Backstrom berharap bisa pergi ke Afrika barat, khususnya Senegal atau wilayah Senegambia, tempat banyak orang Gullah Geechee berasal, untuk belajar tentang sejarah pertanian padi, termasuk peran perempuan dan anak-anak. Anak-anak, misalnya, mencicipi air untuk memastikan tidak ada terlalu banyak air asin yang masuk, dan para perempuan turut membantu dalam hal ini. budidaya padimenggunakan keterampilan dari negara asal mereka yang diwariskan dari generasi ke generasi.
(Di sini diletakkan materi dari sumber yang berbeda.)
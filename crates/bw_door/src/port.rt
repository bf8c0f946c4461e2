//! A port that is listened on, and the looks at its clients.
ghost use Rattle.std.specs.Prelude.{◌≡◌, ◌≤◌, ◌<◌, ◌+◌, ◌-◌, [], OnOk, OnErr, IfOk, IfNone};
ghost use Rattle.slab.specs.Slab.{slab_len};
ghost use Rattle.bw_door.specs.Ends.{IsHandedOut};
ghost use Rattle.bw_door.specs.Lateness.{is_client_late, is_leaving_late};
ghost use Rattle.bw_door.specs.Places.{NoneIs};

use crate::crowd::{Crowd, Due};
use crate::desk::Desk;
use crate::limits::Limits;
use crate::link::PortLink;
use crate::settles::Settles;
use mio::net::{TcpListener, TcpStream};
use mio::{Events, Interest, Poll, Token};
use std::io;
use std::io::ErrorKind;
use std::net::{IpAddr, Ipv4Addr, Net, SocketAddr};
use std::sync::Wait;
use std::time::{Clock, Duration, Instant};

/// How often the system may refuse in a row: once, and again up to 100 times.
pub(crate) const TRIES: u32 = 101;

/// What changes of the listener are told under. No client comes to have this token.
const LISTENER: usize = usize::MAX;

/// How many clients are let in at one look.
const LET_IN: u32 = 1_000;

/// How long one look waits where a time may be over behind it, in milliseconds.
const TICK: u64 = 100;

/// After how long there is a look even while clients are due, in milliseconds.
const LOOK: u64 = 20;

/// How often those are let go whose time is over, at most, in milliseconds.
const WEED: u64 = 20;

/// What letting clients in came to.
#[derive(Clone, Copy)]
enum LetIn {
    /// No further one waits.
    All,
    /// Further ones may wait.
    Some,
    /// The system refuses.
    Refused(ErrorKind),
}

/// A port that is listened on.
#[derive(Drop)]
pub(crate) struct Port {
    poll: Poll,
    pub(crate) listener: TcpListener,
    start: Instant,

    /// When the clients were last looked at, in milliseconds since the start.
    looked: u64,

    /// When those were last let go whose time was over.
    weeded: u64,

    /// Clients may wait to be let in.
    more: bool,
}

impl Port {
    /// A port of 127.0.0.1, if the system allows it.
    pub(crate) fn open<R: Net + Clock>(rt: &R, number: u16) -> io::Result<Port> {
        let address = SocketAddr::new(IpAddr::V4(Ipv4Addr::LOCALHOST), number);
        let mut listener = TcpListener::bind(rt, address)?;
        let poll = Poll::new(rt)?;
        poll.registry()
            .register(&mut listener, Token(LISTENER), Interest::READABLE)?;
        let start = Instant::now(rt)?;
        Ok(Port {
            poll,
            listener,
            start,
            looked: 0,
            weeded: 0,
            more: true,
        })
    }

    /// How many milliseconds it is since the start, and the last known number where the clock can't be read.
    pub(crate) fn since<R: Clock>(&self, rt: &R, known: u64) -> u64 {
        match self.start.elapsed(rt) {
            Ok(gone) => gone
                .as_secs()
                .saturating_mul(1_000)
                .saturating_add(gone.subsec_millis() as u64),
            Err(_) => known,
        }
    }

    /// What changes are told of.
    pub(crate) fn registry(&self) -> &mio::Registry {
        self.poll.registry()
    }

    /// Sees to all clients of which a change was told, and says whether clients wait to be let in.
    fn see_to_all<W: Settles>(
        &self,
        changes: &Events,
        desk: &mut Desk<W>,
        crowd: &mut Crowd<TcpStream, W>,
    ) -> bool
        ensures { crowd.new.out ≡ crowd.old.out }
    {
        let mut come = false;
        'changes: for change in changes.iter() {
            match change.token().0 {
                LISTENER => come = true,
                token => desk.see_to(crowd, token, self.registry()),
            }
        }
        come
    }

    /// Lets in clients that wait, while there is a place for them or one gives way. Where the system refuses, as for want
    /// of descriptors, one gives way as well.
    fn let_in<W: Settles>(&self, desk: &mut Desk<W>, crowd: &mut Crowd<TcpStream, W>) -> LetIn
        ensures { crowd.new.out ≡ crowd.old.out }
    {
        let mut refused = false;
        'clients: for _turn in 0..LET_IN {
            if !crowd.has_room(desk.limits.places) {
                return LetIn::Some;
            }
            match self.listener.accept() {
                Ok((stream, _address)) => {
                    refused = false;
                    if crowd.is_full(desk.limits.places) {
                        crowd.give_way();
                    }
                    crowd.enter();
                    desk.welcome(crowd, stream, self.registry());
                }
                Err(error) => match error.kind() {
                    ErrorKind::WouldBlock => return LetIn::All,
                    ErrorKind::Interrupted
                    | ErrorKind::ConnectionAborted
                    | ErrorKind::ConnectionReset => {}
                    kind => {
                        if refused || !crowd.give_way() {
                            return LetIn::Refused(kind);
                        }
                        refused = true;
                    }
                },
            }
        }
        LetIn::Some
    }

    /// Looks at all clients once: waits up to a time for changes, sees to them, lets clients in, and lets those go whose
    /// time is over, where that was last done 20 milliseconds ago or earlier. An error is why the system refused. That no
    /// client is let in counts as one only where none is in, since else it mends itself.
    fn look<R: Clock, W: Settles>(
        &mut self,
        rt: &R,
        changes: &mut Events,
        desk: &mut Desk<W>,
        crowd: &mut Crowd<TcpStream, W>,
        wait: Option<Duration>,
    ) -> Result<(), ErrorKind>
        ensures out { crowd.new.out ≡ crowd.old.out }
        ensures waiting { 20 ≤ self.new.looked - self.old.weeded →
            NoneIs (is_client_late desk.new.limits self.new.looked) crowd.new.waiting }
        ensures leaving { 20 ≤ self.new.looked - self.old.weeded →
            NoneIs (is_leaving_late desk.new.limits self.new.looked) crowd.new.leaving }
        ensures weeded { self.new.looked - self.old.weeded < 20 → self.new.weeded ≡ self.old.weeded }
    {
        let polled = self.poll.poll(changes, wait);
        desk.now = self.since(rt, desk.now);
        let came = self.see(changes, desk, crowd);
        self.looked = self.since(rt, desk.now);
        desk.now = self.looked;
        self.weed(desk.limits, crowd);
        refusal(polled, came, crowd.count())
    }

    /// Sees to all clients of which a change was told, and then lets clients in, if any wait.
    fn see<W: Settles>(
        &mut self,
        changes: &Events,
        desk: &mut Desk<W>,
        crowd: &mut Crowd<TcpStream, W>,
    ) -> LetIn
        ensures out { crowd.new.out ≡ crowd.old.out }
        ensures weeded { self.new.weeded ≡ self.old.weeded }
    {
        let come = self.see_to_all(changes, desk, crowd);
        if !come && !self.more {
            return LetIn::All;
        }
        let came = self.let_in(desk, crowd);
        self.more = !matches!(came, LetIn::All);
        came
    }

    /// Lets those go whose time is over, where that was last done 20 milliseconds ago or earlier.
    fn weed<W: Settles>(&mut self, limits: Limits, crowd: &mut Crowd<TcpStream, W>)
        ensures out { crowd.new.out ≡ crowd.old.out }
        ensures looked { self.new.looked ≡ self.old.looked }
        ensures waiting { 20 ≤ self.old.looked - self.old.weeded →
            NoneIs (is_client_late limits self.old.looked) crowd.new.waiting }
        ensures leaving { 20 ≤ self.old.looked - self.old.weeded →
            NoneIs (is_leaving_late limits self.old.looked) crowd.new.leaving }
        ensures weeded { self.old.looked - self.old.weeded < 20 → self.new.weeded ≡ self.old.weeded }
    {
        if self.looked.saturating_sub(self.weeded) >= WEED {
            crowd.weed(limits, self.looked);
            self.weeded = self.looked;
        }
    }

    /// The link of the client that has been due for longest. It is waited for. An error is why the system refused at the
    /// last of 101 looks in a row.
    pub(crate) fn next_link<R: Clock + Wait, W: Settles>(
        &mut self,
        rt: &R,
        changes: &mut Events,
        desk: &mut Desk<W>,
        crowd: &mut Crowd<TcpStream, W>,
        refusals: &mut u32,
    ) -> Result<PortLink<TcpStream>, ErrorKind>
        ensures link { IfOk result (IsHandedOut W.settled) }
        ensures out { OnOk result (crowd.new.out ≡ crowd.old.out + 1) }
        ensures kept { OnErr result (crowd.new.out ≡ crowd.old.out) }
        ensures err { OnErr result (refusals.new ≡ 101) }
    {
        *refusals = 0;
        'looks: for _turn in rt.forever() {
            let is_held = crowd.kept() >= desk.limits.kept;
            let is_fresh = desk.now.saturating_sub(self.looked) < LOOK;
            if !is_held
                && is_fresh
                && let Some(due) = crowd.take_due()
            {
                return Ok(link_of(due, desk.take_spare()));
            }
            let wait = wait_for(crowd, self.more, is_held);
            match self.look(rt, changes, desk, crowd, wait) {
                Ok(()) => *refusals = 0,
                Err(kind) => {
                    *refusals += 1;
                    if *refusals == TRIES {
                        return Err(kind);
                    }
                }
            }
        }
        unreachable!()
    }

    /// Sends what is left of replies, as their clients take it, until each has all of its own or its time is over. An
    /// error is why the system refused; replies may be left then.
    pub(crate) fn finish<R: Clock + Wait, W: Settles>(
        &mut self,
        rt: &R,
        changes: &mut Events,
        desk: &mut Desk<W>,
        crowd: &mut Crowd<TcpStream, W>,
    ) -> Result<(), ErrorKind>
        ensures out { crowd.new.out ≡ crowd.old.out }
        ensures none { OnOk result (slab_len crowd.new.leaving ≡ 0) }
    {
        'looks: for _turn in rt.forever() {
            if !crowd.is_leaving() {
                return Ok(());
            }
            let wait = Some(Duration::from_millis(TICK));
            if let Err(error) = self.poll.poll(changes, wait) {
                return Err(error.kind());
            }
            desk.now = self.since(rt, desk.now);
            let _come = self.see_to_all(changes, desk, crowd);
            crowd.weed(desk.limits, desk.now);
        }
        unreachable!()
    }
}

/// How long a look may wait: not at all where a client is due that may be handed out, and for any time where none is in.
fn wait_for<W: Settles>(
    crowd: &Crowd<TcpStream, W>,
    more: bool,
    is_held: bool,
) -> Option<Duration> {
    if crowd.is_due() && !is_held {
        return Some(Duration::from_millis(0));
    }
    if crowd.count() > 0 || more {
        return Some(Duration::from_millis(TICK));
    }
    None
}

/// Why the system refused at a look, where the changes came to this and letting clients in to that, and so many are in.
fn refusal(polled: io::Result<()>, came: LetIn, count: usize) -> Result<(), ErrorKind> {
    if let Err(error) = polled {
        return Err(error.kind());
    }
    match came {
        LetIn::Refused(kind) if count == 0 => Err(kind),
        _ => Ok(()),
    }
}

/// The link of a client that is due, with empty memory for what will be written.
fn link_of<W: Settles>(due: Due<TcpStream, W>, outbox: Vec<u8>) -> PortLink<TcpStream>
    requires { outbox.items ≡ [] }
    ensures { IsHandedOut W.settled result }
{
    let Due { client, ended, .. } = due;
    PortLink::new(client, ended, outbox)
}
Metode yang digunakan para peneliti untuk Pulau Eagles dapat ditransfer ke tempat lain, dan Wilde-Ramsing serta Backstrom akan menerapkan teknik penemuan mereka untuk menemukan situs serupa lainnya di wilayah tersebut. Mereka mengantisipasi menemukan orang lain di sekitar Cape Fear, di dekatnya bekas pusat budakdan di tempat-tempat lebih jauh ke selatan di koridor Gullah Geechee.
“Carolina Selatan merupakan pusat penanaman padi dibandingkan dengan di sini, jadi kami berharap dapat bekerja sama dengan para peneliti Gullah Geechee, (mungkin) di Carolina Selatan atau bahkan Georgia,” kata Backstrom. Pekerjaan mereka akan terus memperluas pengetahuan seputar praktik bersejarah Gullah Geechee untuk generasi mendatang.